* [Data]:
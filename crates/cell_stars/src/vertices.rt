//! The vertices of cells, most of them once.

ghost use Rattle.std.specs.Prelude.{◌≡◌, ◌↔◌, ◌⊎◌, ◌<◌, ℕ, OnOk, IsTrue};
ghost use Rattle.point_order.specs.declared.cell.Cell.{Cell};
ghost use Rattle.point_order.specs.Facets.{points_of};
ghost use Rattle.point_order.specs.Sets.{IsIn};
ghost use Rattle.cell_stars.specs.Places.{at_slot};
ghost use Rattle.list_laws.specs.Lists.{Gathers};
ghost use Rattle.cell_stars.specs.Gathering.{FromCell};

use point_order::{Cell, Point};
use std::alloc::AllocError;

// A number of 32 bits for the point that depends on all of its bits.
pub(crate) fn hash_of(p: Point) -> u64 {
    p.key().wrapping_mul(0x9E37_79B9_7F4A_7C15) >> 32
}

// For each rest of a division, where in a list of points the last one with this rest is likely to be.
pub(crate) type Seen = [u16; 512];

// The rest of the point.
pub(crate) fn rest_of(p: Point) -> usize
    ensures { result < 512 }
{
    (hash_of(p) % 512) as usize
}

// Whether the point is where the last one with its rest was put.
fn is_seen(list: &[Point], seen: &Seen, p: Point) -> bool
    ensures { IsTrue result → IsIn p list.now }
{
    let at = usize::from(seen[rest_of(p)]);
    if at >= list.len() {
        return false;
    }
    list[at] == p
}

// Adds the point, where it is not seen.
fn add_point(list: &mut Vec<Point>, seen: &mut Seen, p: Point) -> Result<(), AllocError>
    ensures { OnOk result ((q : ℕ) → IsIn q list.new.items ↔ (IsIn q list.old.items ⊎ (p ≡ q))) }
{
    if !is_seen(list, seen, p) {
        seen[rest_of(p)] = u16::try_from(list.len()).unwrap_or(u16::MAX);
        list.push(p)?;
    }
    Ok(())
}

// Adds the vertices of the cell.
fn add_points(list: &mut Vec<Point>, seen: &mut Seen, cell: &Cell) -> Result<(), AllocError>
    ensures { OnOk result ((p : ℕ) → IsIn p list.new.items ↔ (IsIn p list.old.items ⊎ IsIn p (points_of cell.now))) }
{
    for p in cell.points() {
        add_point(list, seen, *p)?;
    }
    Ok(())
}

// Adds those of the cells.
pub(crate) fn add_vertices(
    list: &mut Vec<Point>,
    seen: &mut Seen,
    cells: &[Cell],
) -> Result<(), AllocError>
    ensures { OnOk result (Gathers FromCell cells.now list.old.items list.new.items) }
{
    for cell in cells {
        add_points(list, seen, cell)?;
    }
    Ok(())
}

* [Activity]: Return, unchanged, each line from the line containing "return false;" through the last line of the material.

* [Answer box]:
        return false;
    }
    list[at] == p
}

// Adds the point, where it is not seen.
fn add_point(list: &mut Vec<Point>, seen: &mut Seen, p: Point) -> Result<(), AllocError>
    ensures { OnOk result ((q : ℕ) → IsIn q list.new.items ↔ (IsIn q list.old.items ⊎ (p ≡ q))) }
{
    if !is_seen(list, seen, p) {
        seen[rest_of(p)] = u16::try_from(list.len()).unwrap_or(u16::MAX);
        list.push(p)?;
    }
    Ok(())
}

// Adds the vertices of the cell.
fn add_points(list: &mut Vec<Point>, seen: &mut Seen, cell: &Cell) -> Result<(), AllocError>
    ensures { OnOk result ((p : ℕ) → IsIn p list.new.items ↔ (IsIn p list.old.items ⊎ IsIn p (points_of cell.now))) }
{
    for p in cell.points() {
        add_point(list, seen, *p)?;
    }
    Ok(())
}

// Adds those of the cells.
pub(crate) fn add_vertices(
    list: &mut Vec<Point>,
    seen: &mut Seen,
    cells: &[Cell],
) -> Result<(), AllocError>
    ensures { OnOk result (Gathers FromCell cells.now list.old.items list.new.items) }
{
    for cell in cells {
        add_points(list, seen, cell)?;
    }
    Ok(())
}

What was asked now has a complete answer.